Modified version: $$f(x)$$ is a polynomial of degree $$5$$ and its remainders are $$a_1x^2 +b_1x+c_1$$ and $$a_2x^2 +b_2x+c_2$$ when divided by $$A_1x^3 +B_1x^2 +C_1x + D_1$$ and $$A_2x^3 + B_2x^2 + C_2x + D_2$$ where each of the divisors have $$3$$ distinct real roots (not necessarily rational). Find $$f(x)$$

Realising that it is very difficult to find the roots of $$3$$ degree polynomial, is there any other way to approach this problem?

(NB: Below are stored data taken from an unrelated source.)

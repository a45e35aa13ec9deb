//! Images that are recovered.

ghost use Rattle.std.specs.Prelude.{◌≡◌, ◌≢◌, ◌+◌, ◌*◌, ◌≤◌, ℕ, Ok, Err, IfOk, IfErr, IsErrOf};
ghost use Rattle.opfs_codec.specs.declared.change.Format.TheVariants.{New};
ghost use Rattle.opfs_outside.specs.Faults.{Rose};
ghost use Rattle.opfs_journal.specs.Walking.{OnlyRead};
ghost use Rattle.opfs_image.specs.Agreeing.{built_in, Agrees};
ghost use Rattle.opfs_image.specs.Filling.{Stands, filled};
ghost use Rattle.opfs_image.specs.Reading.{read_as};
ghost use Rattle.opfs_image.specs.Superblock.{data_base, image_size};

use crate::{ImageRefusal, ReadImage, Recovered, read_image};
use opfs_codec::Format;
use opfs_journal::Journal;
use opfs_outside::Disk;
use std::alloc::Global;

// Begins the journal of an image that was read.
fn begin<D: Disk>(
    alloc: Global,
    disk: D,
    image: ReadImage,
) -> Result<Recovered<D>, (D, ImageRefusal)>
    requires agrees { Agrees image.geometry image.parts.tree image.parts.shed image.parts.map image.parts.charge }
    requires length { image_size image.geometry ≤ D.size disk }
    requires image { D.tells → read_as New New (D.content disk) ≡ Ok (record { geometry = image.geometry; built = built_in image.parts.tree image.parts.shed }) }
    ensures stands { IfOk result (λ all. D.tells → Stands (D.content disk) (filled (data_base all.geometry) (D.content disk) (built_in all.tree all.shed))) }
    ensures only_read { IfOk result (λ all. OnlyRead D.Disk disk all.journal.disk) }
    ensures refused { IfErr result (λ err. err.1 ≢ ImageRefusal.DiskFault → err.1 ≢ ImageRefusal.NoMemory → D.tells → read_as New New (D.content disk) ≡ Err err.1) }
    ensures only_read_err { IfErr result (λ err. OnlyRead D.Disk disk err.0) }
    ensures cause { IfErr result (λ err. err.1 ≡ ImageRefusal.DiskFault → Rose (D.faults disk) (D.faults err.0)) }
{
    let ReadImage { geometry, parts } = image;
    let areas = geometry.journal_areas();
    match Journal::begin(alloc, disk, areas) {
        Ok(journal) => Ok(Recovered {
            journal,
            geometry,
            tree: parts.tree,
            shed: parts.shed,
            map: parts.map,
            charge: parts.charge,
        }),
        Err((disk, refusal)) => Err((disk, ImageRefusal::from(refusal))),
    }
}

/// Recovers the image that a disk holds, and syncs. It reads the superblock and the two areas, and no data block: the map
/// that the image stands for is its rows, with the bytes that the disk has in their blocks. A refusal gives the disk back;
/// the first that holds comes, in the order in which `ImageRefusal` lists them but for `Short`, which also stands for a
/// length that the superblock asks for.
pub fn recover<D: Disk>(alloc: Global, disk: D) -> Result<Recovered<D>, (D, ImageRefusal)>
    ensures stands { IfOk result (λ image. D.tells → Stands (D.content disk) (filled (data_base image.geometry) (D.content disk) (built_in image.tree image.shed))) }
    ensures only_read { IfOk result (λ image. OnlyRead D.Disk disk image.journal.disk) }
    ensures refused { IfErr result (λ err. err.1 ≢ ImageRefusal.DiskFault → err.1 ≢ ImageRefusal.NoMemory → D.tells → read_as New New (D.content disk) ≡ Err err.1) }
    ensures only_read_err { IfErr result (λ err. OnlyRead D.Disk disk err.0) }
    ensures cause { IfErr result (λ err. err.1 ≡ ImageRefusal.DiskFault → Rose (D.faults disk) (D.faults err.0)) }
{
    let mut disk = disk;
    match read_image(alloc, &mut disk, Format::New) {
        Ok(image) => begin(alloc, disk, image),
        Err(refusal) => Err((disk, refusal)),
    }
}
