//! The machine in bytes and the machine in lengths: what the shared store knows of a state decides each ruling, and is
//! changed alike by each call. Laws alone; each is the contract of a function that does nothing.
pub mod bridge;
pub mod kept;
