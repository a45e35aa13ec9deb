//! What locks refuse.

ghost use Rattle.opfs_laws.specs.LockRefusals.{ALockRefusesWithItsCause};

/// A call is refused for a lock only where a file that it names has that lock, with that count, at that point, and the
/// lock refuses what was asked. The file is of the calling agent's own origin, so the locks of other origins never
/// refuse its calls.
pub fn a_lock_refuses_with_its_cause()
    ensures { ALockRefusesWithItsCause }
{}
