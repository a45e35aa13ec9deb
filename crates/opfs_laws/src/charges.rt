//! What is judged of the charge.

ghost use Rattle.opfs_laws.specs.Charges.{TheChargeGrowsAsJudged};

/// The charge growth that is judged of a call is what the charge grows by: the charge after it is the one before it and that
/// growth, just so. Before it means once the call's units are cleared, which only lowers the charge. Of a call that lets rows or
/// kept blocks go, as a removal, a flush, and an end of a stream or an access handle, no growth is judged, and there is none:
/// the charge may fall.
pub fn the_charge_grows_as_judged()
    ensures { TheChargeGrowsAsJudged }
{}
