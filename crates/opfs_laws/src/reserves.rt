//! What access handles keep for bytes that wait for a flush. A law alone; it is the contract of a function that does nothing.
pub mod fitting;
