//! What an image is read as.

ghost use Rattle.std.specs.Prelude.{◌≡◌, ◌⊎◌, ◌+◌, ◌*◌, ◌^◌, ◌<◌, ◌≤◌, ◌==◌, ℕ, true, Ok, Err, IfOk, IfErr, OnErr, IsErrOf};
ghost use Rattle.opfs_codec.specs.declared.change.Format.{Format as AFormat};
ghost use Rattle.opfs_codec.specs.declared.change.Format.TheVariants.{New};
ghost use Rattle.opfs_outside.specs.Faults.{Rose};
ghost use Rattle.opfs_journal.specs.Format.{begin_of, chosen_in, format_of};
ghost use Rattle.opfs_journal.specs.Walking.{OnlyRead};
ghost use Rattle.opfs_image.specs.Agreeing.{built_in, Agrees, IsRebuilt};
ghost use Rattle.opfs_image.specs.Answers.{not_of};
ghost use Rattle.opfs_image.specs.Reading.{format_number, area_built, read_as};
ghost use Rattle.opfs_image.specs.Superblock.{areas_of, image_size, is_in_range};
ghost use Rattle.opfs_image.specs.Walking.{IsFound};

use crate::records::replay_records;
use crate::superblock::read_geometry;
use crate::{Geometry, ImageRefusal};
use opfs_base::BLOCK_SIZE;
use opfs_codec::Format;
use opfs_journal::{Ruling, find_ruling};
use opfs_outside::Disk;
use opfs_records::{Rebuilt, Replay};
use std::alloc::Global;

/// An image that was read: its sizes, and what its records build.
#[derive(Drop)]
pub struct ReadImage {
    /// The sizes of the image.
    pub geometry: Geometry,
    /// What its records build.
    pub parts: Rebuilt,
}

// Whether an area is of a format.
fn is_of_format(ruling: Ruling, wanted: Format) -> bool
    ensures { result ≡ (format_of ruling.generation == format_number wanted) }
{
    let old = ruling.generation < 16;
    match wanted {
        Format::Old => old,
        Format::New => !old,
    }
}

// Why an image is refused whose ruling area is not of this format.
fn not_of(wanted: Format) -> ImageRefusal
    ensures { result ≡ not_of wanted }
{
    match wanted {
        Format::Old => ImageRefusal::NotOld,
        Format::New => ImageRefusal::Old,
    }
}

// The geometry, and whether area 1 rules.
fn find_area<D: Disk>(disk: &mut D, wanted: Format) -> Result<(Geometry, bool), ImageRefusal>
    ensures only { OnlyRead D.Disk disk.old disk.new }
    ensures range { IfOk result (λ found. is_in_range found.0 ≡ true) }
    ensures fits { IfOk result (λ found. image_size found.0 ≤ D.size disk.old) }
    ensures found { IfOk result (λ found. D.tells → IsFound wanted (D.content disk.old) found.0 found.1) }
    ensures refused { IfErr result (λ e. (e ≡ ImageRefusal.DiskFault) ⊎ (e ≡ ImageRefusal.NoMemory) ⊎ (D.tells → read_as wanted New (D.content disk.old) ≡ Err e)) }
    ensures cause { IsErrOf result ImageRefusal.DiskFault → Rose (D.faults disk.old) (D.faults disk.new) }
{
    let geometry = read_geometry(disk)?;
    let ruling = find_ruling(disk, geometry.journal_areas())?;
    if !is_of_format(ruling, wanted) {
        return Err(not_of(wanted));
    }
    Ok((geometry, ruling.second))
}

// What the records of an area build.
fn rebuild<D: Disk>(
    alloc: Global,
    disk: &mut D,
    geometry: Geometry,
    second: bool,
    wanted: Format,
) -> Result<Rebuilt, ImageRefusal>
    requires range { is_in_range geometry ≡ true }
    requires fits { image_size geometry ≤ D.size disk.old }
    ensures only { OnlyRead D.Disk disk.old disk.new }
    ensures built { IfOk result (λ all. D.tells → area_built wanted geometry.blocks (D.content disk.old) (areas_of geometry) second ≡ Ok (built_in all.tree all.shed)) }
    ensures agrees { IfOk result (λ all. IsRebuilt geometry all.tree all.shed all.map all.charge) }
    ensures refused { IfErr result (λ e. (e ≡ ImageRefusal.DiskFault) ⊎ (e ≡ ImageRefusal.NoMemory)
        ⊎ ((gate : ℕ) × (e ≡ ImageRefusal.BadRecord gate) × (D.tells → area_built wanted geometry.blocks (D.content disk.old) (areas_of geometry) second ≡ Err gate))) }
    ensures cause { IsErrOf result ImageRefusal.DiskFault → Rose (D.faults disk.old) (D.faults disk.new) }
{
    let areas = geometry.journal_areas();
    let begin = areas.begin(second);
    let nothing = Replay::make(alloc, geometry.blocks, u64::from(geometry.quota))?;
    let replay = replay_records(alloc, disk, wanted, begin, begin + areas.bytes, nothing)?;
    let all = replay.finish()?;
    Ok(all)
}

/// Reads an image of a format: its superblock and the area that rules, and no data block. The charge is that of format 2.
pub fn read_image<D: Disk>(
    alloc: Global,
    disk: &mut D,
    wanted: Format,
) -> Result<ReadImage, ImageRefusal>
    ensures only { OnlyRead D.Disk disk.old disk.new }
    ensures agrees { IfOk result (λ image. Agrees image.geometry image.parts.tree image.parts.shed image.parts.map image.parts.charge) }
    ensures length { IfOk result (λ image. image_size image.geometry ≤ D.size disk.old) }
    ensures image { IfOk result (λ image. D.tells → read_as wanted New (D.content disk.old) ≡ Ok (record { geometry = image.geometry; built = built_in image.parts.tree image.parts.shed })) }
    ensures refused { IfErr result (λ e. (e ≡ ImageRefusal.DiskFault) ⊎ (e ≡ ImageRefusal.NoMemory) ⊎ (D.tells → read_as wanted New (D.content disk.old) ≡ Err e)) }
    ensures cause { IsErrOf result ImageRefusal.DiskFault → Rose (D.faults disk.old) (D.faults disk.new) }
{
    let (geometry, second) = find_area(disk, wanted)?;
    let parts = rebuild(alloc, disk, geometry, second, wanted)?;
    let area = BLOCK_SIZE * u64::from(geometry.areas);
    if area < parts.charge.saturating_add(7) {
        return Err(ImageRefusal::Overfull(parts.charge, area));
    }
    Ok(ReadImage { geometry, parts })
}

Let $$\,\beta=-B/A, \gamma=-C/A, \delta=-D/A\,$$, then working $$\,\bmod (A x^3 +B x^2 +C x + D)\,$$ :

\begin{align} x^3 &\equiv \beta x^2+\gamma x + \delta \\ x^4 &\equiv \beta\,(\beta x^2+\gamma x + \delta)+\gamma x^2 + \delta x = \beta'x^2 + \gamma' x + \delta' \\ x^5 &\equiv \beta'\,(\beta x^2+\gamma x + \delta)+\gamma' x^2 + \delta' x = \beta''x^2 + \gamma'' x + \delta'' \end{align}

Then:

\begin{align} f(x) &= px^5+qx^4+rx^3+sx^2+tx+u \\ &\equiv p(\beta''x^2 + \gamma'' x + \delta'') +q (\beta'x^2 + \gamma' x + \delta' )+r(\beta x^2+\gamma x + \delta) + sx^2+tx+u \\ &= s' x^2 + t' x + u' \end{align}

Equating the latter to the known remainder gives three equations in the coefficients of $$f$$, then repeating it for the second pair of divisor and remainder gives three more equations.

[ EDIT ] $$\;$$ The above is essentially a shortcut to calculating the remainder of the division directly, without calculating the quotient (which is not needed here), and with less overhead than the full Euclidean (long) polynomial division.

• My answer here shows how the same approach works for the other question linked by the OP.
– dxiv
Jan 29 at 4:44
• Please explain how you got $x^4 \equiv \beta(\beta x^2+\gamma x + \delta)+\gamma x + \delta = \beta'x^2 + \gamma' x + \delta'$ from $x^3 \equiv \beta x^2+\gamma x + \delta$ Jan 29 at 5:35
• @user961447 There was a typo, now fixed in the edit. It's just $\,x^4 = x \cdot x^3$ $= x \cdot \left(\beta x^2 + \gamma x + \delta\right)$ $=\beta \color{red}{x^3} + \gamma x^2 + \delta x \,$ then replace $\,\color{red}{x^3}=\beta x^2 + \gamma x + \delta\,$ again.
– dxiv
Jan 29 at 6:01

One way to approach this problem is to find the remainder by using long division of polynomials and the comparing it's coefficients with the remainder given in the problem.